I love the one where he is starting to go down. If he had four more legs he'd look like a big spider. Tell momma she did good. Hugs to them both.

Hope things worked out with your youngest.


----------



## Emily's mom (Nov 18, 2007)

Congrats , glad to hear the stork landed safely!!

Your pictures are beautiful!!

Sorry to hear about your youngest......got my own teenage troubles.....got to love them



:arg!


----------



## Shari (Nov 18, 2007)

Congrats on your baby donkey, he sure is cute!!


----------



## iluvwalkers (Nov 18, 2007)

[SIZE=12pt]congrats to you and momma, he's beautiful



, Nikki[/SIZE]


----------



## JumpinJackFarm (Nov 18, 2007)

Moses is soooooo sweet





well worth the wait !!!


----------



## HobbsFarm (Nov 18, 2007)

[SIZE=14pt]Moses is a real cutie! Love all the pictures.



[/SIZE]

[SIZE=14pt]Shannon



[/SIZE]


----------



## crackerjackjack (Nov 18, 2007)

Congrats! Moses is beautiful. What a special boy


----------



## FlatCreekFarm (Nov 18, 2007)

Congratulations!!



What a sweet and handsome boy, and beautiful mama Betty Lou



And, the pictures just couldn't be any better!!





And, best wishes with your youngest. Oh, yes, the things those kids can put us through sometimes


----------



## Chico (Nov 19, 2007)

Very cute!



It's a good thing I have two boys. I'd want to have babies all the time and keep them. He reminds me of a Moses too.

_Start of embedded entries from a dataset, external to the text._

//! A turn over a log of numbers: seats are split off, joined and closed, and two threads share it.
ghost use Rattle.std.specs.Prelude.{◌≡◌, ◌+◌, ◌<◌, true, false, [], ◌∷◌, ◌++◌, length, IfOk, IfSome, MatchResult, All};
ghost use Rattle.turn_lock.specs.Seats.{seat_after, longer_of};

use std::alloc::{AllocError, Global};
use std::process::Abort;
use std::sync::Wait;
use std::test::Fail;
use std::thread::{Threads, join};
use turn_lock::{NoMemory, Seat, Standing, Turn};

type LogSeat = Seat<u64, (u32, u64)>;

/// Numbers that seats added, each beside the seat's own.
#[derive(Drop)]
struct Log {
    origin: u64,
    entries: Vec<(u32, u64)>,
}

impl Log {
    fn add(&mut self, seat: u32, number: u64) -> Result<(), AllocError>
        ensures origin { self.new.origin ≡ self.old.origin }
        ensures entries { MatchResult result
            (λ _. self.new.entries.items ≡ self.old.entries.items ++ (seat, number) ∷ [])
            (λ _. self.new.entries.items ≡ self.old.entries.items) }
    {
        self.entries.push((seat, number))?;
        Ok(())
    }
}

impl Standing for Log {
    type Origin = u64;

    type Entry = (u32, u64);

    ghost origin = { λ l. l.origin };

    ghost list = { λ l. l.entries.items };

    ghost seat_of = { λ e. e.0 };

    fn entries(&self) -> u64 {
        self.entries.len() as u64
    }
}

fn add<W: Wait>(rt: &W, turn: &Turn<Log>, seat: &mut LogSeat, number: u64) -> Result<(), AllocError>
    requires { seat.old.turn ≡ turn.now }
    ensures turn { seat.new.turn ≡ seat.old.turn }
    ensures mine { MatchResult result
        (λ _. seat.new.mine ≡ seat.old.mine ++ (seat.old.number, number) ∷ [])
        (λ _. seat.new.mine ≡ seat.old.mine) }
{
    turn.with_change(rt, seat, |log, own| log.add(own, number))
}

// What the seat finds is just what it has seen then.
fn read<W: Wait>(
    rt: &W,
    turn: &Turn<Log>,
    seat: &mut LogSeat,
) -> Result<Vec<(u32, u64)>, AllocError>
    requires { seat.old.turn ≡ turn.now }
    ensures seat { seat.new ≡ seat_after seat.old seat.new.seen seat.old.mine }
    ensures seen { IfOk result (λ v. v.items ≡ seat.new.seen) }
{
    turn.with_read(rt, seat, |log| log.entries.clone())
}

// A seat that is alone finds just what it had seen, and is as it was. No seat is alone after a split.
fn read_alone_and_split<W: Wait>(
    rt: &W,
    turn: &Turn<Log>,
    seat: &mut LogSeat,
) -> Result<(Vec<(u32, u64)>, LogSeat), AllocError>
    requires { (seat.old.turn ≡ turn.now) × (seat.old.alone ≡ true) }
    ensures seen { IfOk result (λ r. r.0.items ≡ seat.old.seen) }
    ensures alone { IfOk result (λ r. (seat.new.alone ≡ false) × (r.1.alone ≡ false)) }
    ensures turn { (seat.new.turn ≡ turn.now) × IfOk result (λ r. r.1.turn ≡ turn.now) }
{
    let found = turn.with_read(rt, seat, |log| log.entries.clone())?;
    let Ok(other) = turn.split(rt, seat) else {
        return Err(AllocError);
    };
    Ok((found, other))
}

struct Found {
    at_split: Vec<(u32, u64)>,
    by_one: Vec<(u32, u64)>,
    by_zero: Vec<(u32, u64)>,
    split: LogSeat,
}

// Seat 0 adds 5, a seat is split off it, seat 1 adds 7 and is joined to the new seat.
fn split_and_join<W: Wait>(
    rt: &W,
    turn: &Turn<Log>,
    zero: &mut LogSeat,
    mut one: LogSeat,
) -> Option<Found>
    requires { (zero.old.turn ≡ turn.now) × (one.turn ≡ turn.now) }
    ensures turn { zero.new.turn ≡ turn.now }
    ensures split { IfSome result (λ r. (r.split.turn ≡ turn.now) × (r.split.mine ≡ [])
        × (r.split.seen ≡ longer_of r.at_split.items r.by_one.items)) }
    ensures zero { IfSome result (λ r.
        (zero.new.mine ≡ zero.old.mine ++ (zero.old.number, 5) ∷ [])
        × (zero.new.seen ≡ r.by_zero.items)) }
{
    add(rt, turn, zero, 5).ok()?;
    let at_split = read(rt, turn, zero).ok()?;
    let mut split = turn.split(rt, zero).ok()?;
    add(rt, turn, &mut one, 7).ok()?;
    let by_one = read(rt, turn, &mut one).ok()?;
    let by_zero = read(rt, turn, zero).ok()?;
    turn.join(rt, &mut split, one);
    Some(Found {
        at_split,
        by_one,
        by_zero,
        split,
    })
}

fn fill<W: Wait>(rt: &W, turn: &Turn<Log>, mut seat: LogSeat, count: u64) -> Option<LogSeat>
    requires { seat.turn ≡ turn.now }
    ensures turn { IfSome result (λ s. s.turn ≡ seat.turn) }
    ensures mine { IfSome result (λ s. length s.mine ≡ length seat.mine + count) }
{
    for number in 0..count {
        add(rt, turn, &mut seat, number).ok()?;
    }
    Some(seat)
}

fn fill_both<R: Threads + Wait + Sync>(
    rt: &R,
    turn: &Turn<Log>,
    zero: LogSeat,
    one: LogSeat,
) -> Option<(LogSeat, LogSeat)>
    requires { (zero.turn ≡ turn.now) × (one.turn ≡ turn.now) }
    ensures { IfSome result (λ r. (r.0.turn ≡ turn.now) × (r.1.turn ≡ turn.now)) }
{
    let (a, b) = join(
        rt,
        move || -> Option<LogSeat>
            requires { zero.turn ≡ turn.now }
            ensures { IfSome result (λ s. s.turn ≡ turn.entry.now) }
        { fill(rt, turn, zero, 1000) },
        move || -> Option<LogSeat>
            requires { one.turn ≡ turn.now }
            ensures { IfSome result (λ s. s.turn ≡ turn.entry.now) }
        { fill(rt, turn, one, 1000) },
    );
    Some((a?, b?))
}

fn open(alloc: Global, seats: u32) -> Result<(Turn<Log>, Vec<LogSeat>), NoMemory>
    requires { 0 < seats }
    ensures own { IfOk result (λ r. All (λ s. s.turn ≡ r.0) r.1.items) }
    ensures count { IfOk result (λ r. length r.1.items ≡ seats) }
    ensures alone { seats ≡ 1 → IfOk result (λ r. All (λ s. s.alone ≡ true) r.1.items) }
{
    let log = Log {
        origin: 7,
        entries: Vec::new(alloc),
    };
    Turn::new(alloc, log, seats)
}

#[test]
fn a_seat_is_split_off_and_another_joined(rt: HostRuntime) -> Result<(), Fail> {
    let (turn, mut seats) = open(rt.alloc(), 2).ok().ok_or("memory")?;
    let one = seats.pop().ok_or("a seat")?;
    let mut zero = seats.pop().ok_or("a seat")?;
    assert!(rt; zero.number() == 0 && one.number() == 1);
    let found = split_and_join(&rt, &turn, &mut zero, one).ok_or("memory")?;
    let Found {
        at_split,
        by_one,
        by_zero,
        split,
    } = found;
    assert!(rt; split.number() == 2 && split.seen() == 2 && zero.seen() == 2);
    assert!(rt; at_split.as_slice() == [(0, 5)].as_slice());
    assert!(rt; by_one.as_slice() == [(0, 5), (1, 7)].as_slice());
    assert!(rt; by_zero.as_slice() == [(0, 5), (1, 7)].as_slice());
    let log = turn.close(&rt, vec![in rt.alloc(); zero, split]?);
    assert!(rt; log.origin == 7 && log.entries.as_slice() == [(0, 5), (1, 7)].as_slice());
    Ok(())
}

#[test]
fn a_seat_that_is_alone_finds_what_it_has_seen(rt: HostRuntime) -> Result<(), Fail> {
    let (turn, mut seats) = open(rt.alloc(), 1).ok().ok_or("memory")?;
    let mut zero = seats.pop().ok_or("a seat")?;
    let (found, one) = read_alone_and_split(&rt, &turn, &mut zero)?;
    assert!(rt; found.is_empty() && one.number() == 1);
    Ok(())
}

// How many entries the seat has, where they are 0, 1, 2 and so on.
fn in_order(log: &Log, seat: u32) -> Option<u64> {
    let mut next = 0;
    for entry in log.entries.as_slice() {
        if entry.0 == seat {
            if entry.1 != next || next == u64::MAX {
                return None;
            }
            next += 1;
        }
    }
    Some(next)
}

#[test]
fn two_threads_add_a_thousand_each(rt: HostRuntime) -> Result<(), Fail> {
    let (turn, mut seats) = open(rt.alloc(), 2).ok().ok_or("memory")?;
    let one = seats.pop().ok_or("a seat")?;
    let zero = seats.pop().ok_or("a seat")?;
    let (zero, one) = fill_both(&rt, &turn, zero, one).ok_or("memory")?;
    let log = turn.close(&rt, vec![in rt.alloc(); zero, one]?);
    assert!(rt; log.entries() == 2000);
    assert!(rt; in_order(&log, 0) == Some(1000) && in_order(&log, 1) == Some(1000));
    Ok(())
}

Maybe this IS his name!

chico


----------



## minie812 (Nov 19, 2007)

WOW...Moses is really CUTE!


----------



## ChrystalPaths (Nov 19, 2007)

what a cutie and Moses does fit nicely!


----------



## Basketmiss (Nov 19, 2007)

Moses is simply adorable and Betty Lou looks like a sweet mother...

You got wonderful pix of the little one..

Thanks for posting. I love seeing everyones mama' s and babies


----------



## maplegum (Nov 19, 2007)

No wonder you guys love your donkeys so much. He is REALLY cute!


----------



## CheyAut (Nov 20, 2007)

OMG He's ADORABLE!!! I want him!!! I already know hubby's answer though, NO!





Jessi


----------



## PaintedMeadows (Nov 20, 2007)

Awww, he is gorgeous and I think the name Moses is perfect!! Man, I wish I could come and get him for hubby!!! What a Christmas gift he would make. Congratulations. Your gal done great!!!! Enjoy him!


----------



## RJRMINIS (Nov 20, 2007)

*[SIZE=14pt]CONGRATS ON YOUR NEW BOY!!!!!!!!!!!!!!!



[/SIZE]*


----------



## PaintedPromiseRanch (Nov 21, 2007)

CheyAut said:


> OMG He's ADORABLE!!! I want him!!! I already know hubby's answer though, NO!
> 
> 
> 
> ...


come on now Jessi, don't you know that it's easier to ask for forgiveness than for permission



and you are right here so NO SHIPPING





hey what if you give him to your husband as a gift







PaintedMeadows said:


> Awww, he is gorgeous and I think the name Moses is perfect!! Man, I wish I could come and get him for hubby!!! What a Christmas gift he would make. Congratulations. Your gal done great!!!! Enjoy him!


well, he won't be quite ready for Christmas... how about an Easter donkey



(but you have to beat Jessi to him LOL)


----------



## High Meadow Miniatures (Nov 23, 2007)

CONGRATS!









He is very cute


----------



## PaintedPromiseRanch (Nov 23, 2007)

ok i am IN SHOCK..




on wednesday, I SOLD THE BABY. he was just born sunday!!!!! of course he cannot go home until weaned but this lady is SERIOUS, she is coming Sunday to meet him and bring a deposit.






i was already trying to figure out how to save money to get him gelded in case he didn't sell by the time he was old enough to need that... i am so happy



and the best part is, she is a friend of a friend so i don't have to worry about references, i already know she is a good person.





and the weirdest thing is, someone else was also interested... so i have a backup, or possibly a buyer for his aunt's baby next spring


----------



## JumpinJackFarm (Nov 23, 2007)

PaintedPromiseRanch said:


> i am so happy
> 
> 
> 
> ...






Isn't that the BEST feeling !!


----------



## CheyAut (Nov 26, 2007)

LOL I'm sure glad you found a good home for him, this way hubby won't have to kill me  ANd I laughed when you suggested he be a gift for hubby, b/c my first donk (Earl) was my xmas present from hubby 2 years (almost 3 I guess) ago  TOOO CUTE though!!!!

Jessi


----------